There's no reason to lock yourself into an intel-only solution. Just use DeepFilterNet. The results of this on my noisy server room were insanely good. Almost no voice dropout with 100% fan noise removal.
https://github.com/Rikorose/DeepFilterNet
EDIT: Even more interesting, it looks like OpenVino is just DeepFilterNet glued to Whisper.cpp and tied to Intel hardware.
https://github.com/intel/openvino-plugins-ai-audacity/tree/m...
> OpenVino is just DeepFilterNet glued to Whisper.cpp and tied to Intel hardware.
Well, no.
When you want to run a model on a truly wide set of devices, you end up sort of wedged into either ONNX, OpenVINO, TensorFlow Lite, and a few other frameworks.
They're all FOSS, and they're software libraries.
YMMV on which is best, of course, but broadly and widely: where are your users, mostly? Desktop? OpenVINO. Web? TensorFlow. Mobile and desktop? ONNX. This isnt entirely accurate because ex. I reach for ONNX every time because that is what I'm familiar with. All of them make effort to reach every platform, ex. OpenVINO goes supports ARM, and not in a trivial manner.
That all being said, TL;DR:
It is "not even wrong", in the Pauli sense, to imply OpenVINO is Intel-only, and to describe OpenVINO as "just glu[ing a model to inference code]"
You're describing 3 different components (a hardware acceleration library, and inference library, and a model) and suggesting the hardware accelerated inference library just glues together a model-specific inference library and a model. The mastroyshka doll is inverted: whisper.cpp uses openvino to acclerate its model-specific inference code.
https://docs.openvino.ai/2024/about-openvino/release-notes-o...
https://www.nvidia.com/en-us/geforce/broadcasting/broadcast-...
https://docs.openvino.ai/2024/about-openvino/release-notes-o...
Go look at CPUs benchmarks on Phoronix; AMD Ryzen cpus regularly trounce Intel cpus using openVINO inference.

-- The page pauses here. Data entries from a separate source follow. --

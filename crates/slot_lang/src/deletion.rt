//! The statements that destroy objects.

ghost use Rattle.std.specs.Prelude.{◌<◌, length, OnOk};
ghost use Rattle.slot_lang.specs.code.Grammar.{ReadsDeletion, ReadsLaterDeletion};
ghost use Rattle.slot_lang.specs.Grammar.{spell_object};
ghost use Rattle.token_reading.specs.code.Reading.{Reads, EndsAnywhere};

use crate::path::path;
use syntax_trees::{Path, Stmt};
use texts::Symbol;
use token_reading::{Cursor, ParseFault};

/// What follows `delete`.
pub fn deletion(cursor: &mut Cursor) -> Result<Stmt, ParseFault>
    ensures reads { ReadsDeletion cursor.old result cursor.new }
    ensures shorter { OnOk result (length cursor.new < length cursor.old) }
{
    let path = object(cursor)?;
    Ok(Stmt::Delete(path))
}

/// What follows `later`.
pub fn later_deletion(cursor: &mut Cursor) -> Result<Stmt, ParseFault>
    ensures reads { ReadsLaterDeletion cursor.old result cursor.new }
    ensures shorter { OnOk result (length cursor.new < length cursor.old) }
{
    let path = object(cursor)?;
    Ok(Stmt::Later(path))
}

/// `path ";"`
fn object(cursor: &mut Cursor) -> Result<Path, ParseFault>
    ensures reads { Reads spell_object (λ path. path) EndsAnywhere cursor.old result cursor.new }
    ensures shorter { OnOk result (length cursor.new < length cursor.old) }
{
    let path = path(cursor)?;
    cursor.expect(Symbol::Semicolon)?;
    Ok(path)
}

I found a very old audio cassette from my childhood with me and some other kids talking while a song is playing in background. I tried subtracting the song using Audacity but for that to work reference song and recording must align "perfectly" which is very very hard. Not just the timing (which i found can be a problem with cassettes) loudness/frequency distribution must also align perfectly.
Found Smartsubtract https://oxfordwaveresearch.com/products/smartsubtract/ which seems to do exactly the same but it's not available for download.
Is there any (AI even?) tool that might do that? I tried an online AI tool which claimed it can extract voices but it returned back silence. I want to try OpenVino but not sure it will be useful with faint spoken words in a noisy environment with a song.
The next question on the problem would be "Give at least three reasons why this doesn't perfectly remove the reference sound," of course.
Other things to do would be to fix any tape warble or flutter, normalize the volume, do simple things like high pass filtering anything below 75hz (as most voices don't make audible volume at those frequencies, especially children's voices.
Then I would get a spectrum analyzer plugin and see if there are any spots that are clearly music vs children speaking and zap them out.
(Audition is pretty good software for this, you might still be able to find the download and mass unlock serial key that Adobe released for version 3.0 somewhere on the internet, of course, this is only for people who bought it as a perpetual license back in the day and need to activate it now that the activation servers have gone offline, so no pirating it!)
I'm not gonna say it will be perfect but you might do well enough to be able to hear what everyone is saying and it not sound too bizarre.
Also looking at frequency spectrum and removing sounds from there I learned that music and spoken both contain a bunch of different frequency. To completely eleminate music, i have to remove all of it which is not easy to see or trace manually.
From what you are saying, given audition is an adobe tool, it should be sufficient.